» Exercise requirements
Find every line in the records below that holds the word "which" and copy it.

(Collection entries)

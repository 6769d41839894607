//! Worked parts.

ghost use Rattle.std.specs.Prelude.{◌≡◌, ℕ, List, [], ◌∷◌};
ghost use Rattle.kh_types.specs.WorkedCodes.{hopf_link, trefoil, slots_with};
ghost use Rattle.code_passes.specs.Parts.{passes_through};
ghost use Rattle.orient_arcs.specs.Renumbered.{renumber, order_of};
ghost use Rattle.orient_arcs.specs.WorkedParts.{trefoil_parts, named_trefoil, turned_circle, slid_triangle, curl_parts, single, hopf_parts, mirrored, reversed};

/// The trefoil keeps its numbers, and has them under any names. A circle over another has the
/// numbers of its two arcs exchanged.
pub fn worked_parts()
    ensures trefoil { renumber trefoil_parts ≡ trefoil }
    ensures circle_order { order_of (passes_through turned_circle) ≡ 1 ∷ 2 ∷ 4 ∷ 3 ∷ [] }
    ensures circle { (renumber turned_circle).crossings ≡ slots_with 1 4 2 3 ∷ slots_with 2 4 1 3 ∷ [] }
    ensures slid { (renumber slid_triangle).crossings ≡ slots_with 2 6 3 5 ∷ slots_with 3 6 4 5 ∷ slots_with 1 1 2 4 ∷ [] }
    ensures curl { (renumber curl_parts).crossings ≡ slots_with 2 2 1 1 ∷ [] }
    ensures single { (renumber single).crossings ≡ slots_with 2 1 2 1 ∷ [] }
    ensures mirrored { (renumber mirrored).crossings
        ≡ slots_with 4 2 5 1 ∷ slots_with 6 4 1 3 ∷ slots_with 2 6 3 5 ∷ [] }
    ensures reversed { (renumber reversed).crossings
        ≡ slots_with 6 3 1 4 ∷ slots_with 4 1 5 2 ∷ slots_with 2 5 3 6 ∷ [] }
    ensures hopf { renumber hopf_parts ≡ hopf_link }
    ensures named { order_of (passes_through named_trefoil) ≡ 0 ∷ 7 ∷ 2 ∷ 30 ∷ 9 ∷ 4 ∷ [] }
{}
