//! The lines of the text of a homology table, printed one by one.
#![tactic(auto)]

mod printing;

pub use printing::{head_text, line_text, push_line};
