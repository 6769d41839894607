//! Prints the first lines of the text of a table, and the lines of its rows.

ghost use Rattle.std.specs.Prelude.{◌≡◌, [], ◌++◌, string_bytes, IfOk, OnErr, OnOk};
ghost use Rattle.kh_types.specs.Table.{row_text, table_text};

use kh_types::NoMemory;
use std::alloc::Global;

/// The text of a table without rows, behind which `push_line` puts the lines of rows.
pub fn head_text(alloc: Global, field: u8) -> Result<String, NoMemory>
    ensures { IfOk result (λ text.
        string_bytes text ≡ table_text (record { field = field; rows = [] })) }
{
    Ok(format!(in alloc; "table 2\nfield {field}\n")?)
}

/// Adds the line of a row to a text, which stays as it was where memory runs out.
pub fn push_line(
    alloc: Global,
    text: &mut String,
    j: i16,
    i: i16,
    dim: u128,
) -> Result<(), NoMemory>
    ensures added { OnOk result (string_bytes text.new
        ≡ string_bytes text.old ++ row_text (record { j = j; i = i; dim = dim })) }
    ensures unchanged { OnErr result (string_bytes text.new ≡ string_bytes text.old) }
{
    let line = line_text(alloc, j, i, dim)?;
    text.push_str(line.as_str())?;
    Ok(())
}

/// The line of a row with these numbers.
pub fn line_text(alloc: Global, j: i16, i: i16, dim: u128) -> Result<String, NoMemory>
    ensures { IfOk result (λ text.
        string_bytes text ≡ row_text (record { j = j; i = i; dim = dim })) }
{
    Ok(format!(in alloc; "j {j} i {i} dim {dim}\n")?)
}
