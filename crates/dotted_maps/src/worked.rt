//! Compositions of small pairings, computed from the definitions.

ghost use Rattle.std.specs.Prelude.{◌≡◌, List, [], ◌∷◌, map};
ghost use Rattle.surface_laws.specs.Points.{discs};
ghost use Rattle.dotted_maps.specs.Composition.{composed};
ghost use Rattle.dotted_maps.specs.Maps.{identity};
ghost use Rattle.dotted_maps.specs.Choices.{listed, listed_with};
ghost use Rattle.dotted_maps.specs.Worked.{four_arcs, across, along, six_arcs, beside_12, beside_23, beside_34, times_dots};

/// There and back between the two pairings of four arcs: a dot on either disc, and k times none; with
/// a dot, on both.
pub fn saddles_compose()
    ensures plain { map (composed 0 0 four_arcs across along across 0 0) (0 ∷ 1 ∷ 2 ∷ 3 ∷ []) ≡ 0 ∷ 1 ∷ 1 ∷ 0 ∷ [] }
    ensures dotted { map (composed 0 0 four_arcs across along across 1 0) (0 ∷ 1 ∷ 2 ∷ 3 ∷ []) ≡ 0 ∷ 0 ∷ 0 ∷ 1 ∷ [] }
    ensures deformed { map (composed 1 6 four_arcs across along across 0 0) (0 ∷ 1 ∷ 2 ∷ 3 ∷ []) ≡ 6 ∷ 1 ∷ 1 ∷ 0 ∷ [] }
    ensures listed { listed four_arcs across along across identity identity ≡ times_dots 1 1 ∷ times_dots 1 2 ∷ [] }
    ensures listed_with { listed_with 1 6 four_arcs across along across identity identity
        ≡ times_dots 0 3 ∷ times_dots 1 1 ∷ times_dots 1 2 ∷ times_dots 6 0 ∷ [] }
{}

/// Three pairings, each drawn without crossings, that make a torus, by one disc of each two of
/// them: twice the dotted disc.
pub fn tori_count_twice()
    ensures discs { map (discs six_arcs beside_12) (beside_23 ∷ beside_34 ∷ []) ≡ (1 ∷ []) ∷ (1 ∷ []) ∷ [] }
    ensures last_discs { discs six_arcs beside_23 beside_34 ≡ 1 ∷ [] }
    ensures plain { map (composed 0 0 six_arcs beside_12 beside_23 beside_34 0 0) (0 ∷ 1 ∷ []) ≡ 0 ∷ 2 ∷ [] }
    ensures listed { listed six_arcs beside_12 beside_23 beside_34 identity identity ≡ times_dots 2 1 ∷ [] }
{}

» Answer to this exercise
/// The text of a table without rows, behind which `push_line` puts the lines of rows.
/// Adds the line of a row to a text, which stays as it was where memory runs out.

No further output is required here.